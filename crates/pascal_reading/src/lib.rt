//! What the cards of a program are read as, as one function.
#![tactic(auto)]

mod reading;

pub use reading::reading_is_exact;
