// What the cards of a program are read as.

ghost use Rattle.std.specs.Prelude.{◌≡◌, ◌↔◌, ℕ, List, Ok, Err};
ghost use Rattle.solo_base.specs.LineList.{AreLines};
ghost use Rattle.pascal_tree.specs.Word.{Spot};
ghost use Rattle.pascal_tree.specs.Program.{Program};
ghost use Rattle.pascal_tree.specs.Limits.{IsTree};
ghost use Rattle.pascal_tree.specs.SpellProgram.{spelled};
ghost use Rattle.pascal_read.specs.ErrorPlace.{ErrorPlace};
ghost use Rattle.pascal_read.specs.Scan.{words};
ghost use Rattle.pascal_reading.specs.Reading.{reading, tree, bad_word, syntax_error};

/// Cards are read as a tree exactly where their words are its spelling, as a bad word exactly where
/// the first stands, and as an error exactly at the place of the first. The laws are in the contract.
pub fn reading_is_exact()
    ensures tree { (cards : List (List ℕ)) (program : Program) → AreLines cards
        → (reading cards ≡ tree program)
        ↔ ((words cards ≡ Ok (spelled program)) × IsTree program) }
    ensures bad_word { (cards : List (List ℕ)) (line : ℕ)
        → (reading cards ≡ bad_word line) ↔ (words cards ≡ Err line) }
    ensures error { (cards : List (List ℕ)) (tokens : List Spot) (line : ℕ) → AreLines cards
        → words cards ≡ Ok tokens
        → (reading cards ≡ syntax_error line) ↔ ErrorPlace tokens line }
{}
- - -
Work to be completed:
No lines before the one containing "as one function." belong in the answer; write out that line and each one after it exactly, through the end of the records.

Solution to this task:
//! What the cards of a program are read as, as one function.
#![tactic(auto)]

mod reading;

pub use reading::reading_is_exact;
// What the cards of a program are read as.

ghost use Rattle.std.specs.Prelude.{◌≡◌, ◌↔◌, ℕ, List, Ok, Err};
ghost use Rattle.solo_base.specs.LineList.{AreLines};
ghost use Rattle.pascal_tree.specs.Word.{Spot};
ghost use Rattle.pascal_tree.specs.Program.{Program};
ghost use Rattle.pascal_tree.specs.Limits.{IsTree};
ghost use Rattle.pascal_tree.specs.SpellProgram.{spelled};
ghost use Rattle.pascal_read.specs.ErrorPlace.{ErrorPlace};
ghost use Rattle.pascal_read.specs.Scan.{words};
ghost use Rattle.pascal_reading.specs.Reading.{reading, tree, bad_word, syntax_error};

/// Cards are read as a tree exactly where their words are its spelling, as a bad word exactly where
/// the first stands, and as an error exactly at the place of the first. The laws are in the contract.
pub fn reading_is_exact()
    ensures tree { (cards : List (List ℕ)) (program : Program) → AreLines cards
        → (reading cards ≡ tree program)
        ↔ ((words cards ≡ Ok (spelled program)) × IsTree program) }
    ensures bad_word { (cards : List (List ℕ)) (line : ℕ)
        → (reading cards ≡ bad_word line) ↔ (words cards ≡ Err line) }
    ensures error { (cards : List (List ℕ)) (tokens : List Spot) (line : ℕ) → AreLines cards
        → words cards ≡ Ok tokens
        → (reading cards ≡ syntax_error line) ↔ ErrorPlace tokens line }
{}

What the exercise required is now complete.